Inflammatory Bowel Diseases (IBD)
Inflammatory bowel diseases, like the Crohn's disease and ulcerative colitis, can also trigger pain in the lower left region of the abdomen. Abdominal pain is, in fact, one of the initial symptoms of the Crohn's disease, and hence plays an important role in the diagnosis of this condition. In case of inflammatory bowel disorders, severe pain is often accompanied by chronic diarrhea, vomiting, rectal bleeding, etc.

Other Conditions
Other than all these conditions, those who suffer from kidney stones or enlarged prostate are also vulnerable to bacterial infection of the urinary tract, which can trigger pain in lower left abdomen. Though bladder infections are more common in women, such infections in men cannot be ruled out. Relatively less harmful conditions, like food poisoning, gas, or constipation can also trigger sudden bouts of pain in this region.
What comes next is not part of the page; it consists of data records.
//! The runs of the program: each is a session of the headline, and sessions one after another are the headline.
//!
//! What the `sqlite` crate calls a database, and what it may leave after a crash (`may_leave`), is that crate's.
ghost use Rattle.std.specs.Prelude.{◌≡◌, IsTrue, List, map};
ghost use Rattle.sqlite.specs.Tree.{Trees};
ghost use Rattle.rtgs_book.specs.declared.book.Book.{Book};
ghost use Rattle.rtgs_book.specs.Calm.{IsCalm};
ghost use Rattle.rtgs_book.specs.Session.{IsLife, Session};
ghost use Rattle.rtgs_book.specs.Soundness.{IsSound};
ghost use Rattle.rtgs_book_file.specs.FileOnDisk.{facts_from};
ghost use Rattle.rtgs_book_file.specs.OverFile.{over};
ghost use Rattle.rtgs_book_file.specs.declared.released.Released.{Released};
ghost use Rattle.rtgs_book_file.specs.declared.unopened.Unopened.{Unopened};
ghost use Rattle.rtgs_cli.specs.Runs.{Ends, Traces};
ghost use Rattle.rtgs_cli.specs.Writers.{Writers};
ghost use Rattle.rtgs_cli_lines.specs.declared.ended.Ended.{Ended};
ghost use Rattle.rtgs_promises.specs.Headline.{IsHeadline};
ghost use Rattle.rtgs_promises.specs.Program.{WasRun};

use crate::books::{each_resolution_settles_the_greatest_choice, nothing_settles_early};
use rtgs_book_file::FileKeeper;
use rtgs_keeper::Keeper;
use rtgs_laws::repeats::laws::life_is_a_run;
use rtgs_rows::laws::no_tables_hold_no_book;
use sqlite::{Alter, FileFrom, FileStore, Start};
use sqlite_disk::Disk;

// A store that is open leaves what it has committed, and nothing else.
fn what_is_committed_is_left<S: Alter>()
    ensures stays { (store : S) → IsTrue (S.Store.view store).is_open
        → S.Store.recovers store (S.Store.view store).committed }
    ensures settled { (store : S) (trees : Trees) → IsTrue (S.Store.view store).is_open
        → S.Store.recovers store trees → trees ≡ (S.Store.view store).committed }
{}

/// **Promise 1, of the program. Each of its runs is a session.** From the book that its files hold, its desk is given
/// the commands that were asked for, once and in order; what it prints or reports of them are their replies; and
/// whatever files a crash leaves hold a book that this session may find.
///
/// The premise is what `run_words` promises of its runs (`Ends`), whatever the subcommand. A run that is refused, or
/// only reads, is a session without commands. What a server replies to its connections is promise 2.
// To judge it, read these 236 files: the files of a command; rtgs_promises Program; rtgs_cli Writers, Runs,
// files.Touching, files.Printing, imports.Imports, imports.Causes, commands.Commands, readings.Readings,
// serving.Serving, files.Done, readings.Outcomes, files/touched.rt, files/used.rt, imports/order_file.rt,
// serving/no_port.rt, serving/service.rt; rtgs_book_file OverFile, FileOnDisk, Opened, Closed, Causes, LockName,
// stored_desk.Stored, stored_desk.Migrated, Refused, Starting, Files, unopened.rt, released.rt, store.rt,
// file_fault.rt, cause.rt, abandoned_book.rt, closed_files.rt, not_locked.rt, not_vacant.rt, not_readable.rt,
// not_started.rt, not_reached.rt, object_count.rt, limits.rt; rtgs_cli_arguments requests.Requests, requests.Words,
// invocation.rt, requests/request.rt, requests/command_words.rt, requests/reading_words.rt; rtgs_keeper Still,
// keeper.rt; rtgs_http_server Requests, exchange.Handling, exchange.Exchange, port.rt, request_reader.rt, deadline.rt;
// rtgs_desk Seen, batches.Batches, Holding, Replies, Readings, batches.Sent, Queues, Payments; rtgs_book Calm, Run,
// Session, cores.Cores, Soundness, Ranges, Standings, Refusals, Judgement, Laws, Procedure, fault.rt, reading.rt,
// rule.rt, cores/cores.rt, account.rt, standing.rt, account_reading.rt, waiting_reading.rt, queue_reading.rt,
// status.rt, tally.rt, receiver_reading.rt; rtgs_cli_lines Lines, Failures, Texts, SentTo, ended.rt, printed.rt,
// failure.rt, done.rt; rtgs_order_files Results, OrderFile, BatchFaults, batch_fault.rt, batch_result.rt, limits.rt,
// columns.rt; rtgs_refusal_texts Texts, kinds.rt, texts.rt; rtgs_rows Tables, Querying, Content, Keeping, Migrating,
// Fitting, Dues, TableRecords, Rows, numbers.rt, forward.rt, desk_row.rt, resolution_row.rt; rtgs_sql_loading
// Displaying, Accounts, Loading, Joining; rtgs_http_requests Exchange, Callers, Meaning, Steps, Bodies, heads.Targets,
// Access, feeds.Region, heads.Heads, heads.Parameters, heads.Fields, heads.Tables, Spelling, Contents, OrderBody,
// asked.rt, http_fault.rt, heads/route.rt, feeds/limits.rt, admitted.rt, heads/bank_route.rt, heads/operator_route.rt,
// heads/limits.rt; rtgs_ledger Keys, Kinds, Kept; rtgs_sql_queries Displaying, TableQueries, Records; rtgs_sql_columns
// Tables, Numbers, OneTable; rtgs_tables Migrating, sql_keeper.rt; rtgs_output Sent, writer_failed.rt, text_fault.rt;
// rtgs_refusals Table, refusal_kind.rt, exit_status.rt; rtgs_money Lexical, Forms, Amounts, Digits, Units, lexical.rt,
// key.rt, units.rt; rtgs_sql_writes Building; rtgs_laws repeats.Lasting, repeats.Repeats, repeats.Batch, repeats.Once;
// rtgs_http_bodies desks.Written, desks.Readings, Readings, desks.Accounts, desks.Waiting, desks.Queues, desks.Status,
// replies.Bodies; rtgs_statements Reads, Texts, Listings, Records, Lines, Sums, Tallies, Columns, book_text_fault.rt,
// line.rt, row.rt, total.rt, sums.rt, kind.rt, party.rt; rtgs_release Release, lib.rt.
pub fn a_run_is_a_session<S: Start, O, E>()
    ensures { (writers : Writers O E) (ends : Ended)
        (touched : Traces S (Unopened S S.Start) (Released S S.Start))
        → Ends (over ⟦<FileKeeper<S> as Keeper>⟧ (facts_from ⟦<FileKeeper<S> as Keeper>⟧ S.Start
        (λ keeper. keeper.conn))) writers ends touched
        → WasRun S.Start ⟦<FileFrom<S> as Disk>⟧ writers ends touched }
{
    what_is_committed_is_left::<FileStore<FileFrom<S>>>();
    no_tables_hold_no_book();
}

/// **Promise 1, of one run after another.** Sessions, each from the book found after the one before it, are the
/// headline.
// To judge it, read these 44 files: the files of a command; rtgs_promises Headline; rtgs_book Session, Soundness, Calm,
// Run, Laws, Procedure; rtgs_laws repeats.Lives.
pub fn sessions_are_the_headline()
    ensures { (start found : Book) (sessions : List Session) → IsSound start → IsCalm start
        → IsLife start sessions found
        → IsHeadline start (map (λ session. session.commands) sessions) (map (λ session. session.replies) sessions)
        found }
{
    life_is_a_run();
    each_resolution_settles_the_greatest_choice();
    nothing_settles_early();
}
In course of diagnosis, the pattern of pain, patient's medical history, and lifestyle are taken into consideration. The doctor may also recommend a few other tests, like an x-ray of the stomach cavity, to rule out certain disorders. While some of these causes of abdominal pain can be treated with antibiotics, others are relatively serious and require surgical intervention. If the discomfort caused persists for a long time, one should immediately seek medical help, lest the condition can transgress into chronic condition, which can be even more difficult to treat.
Disclaimer: The HealthHearty article is for informative purposes only and should not be used as a replacement for professional medical advice.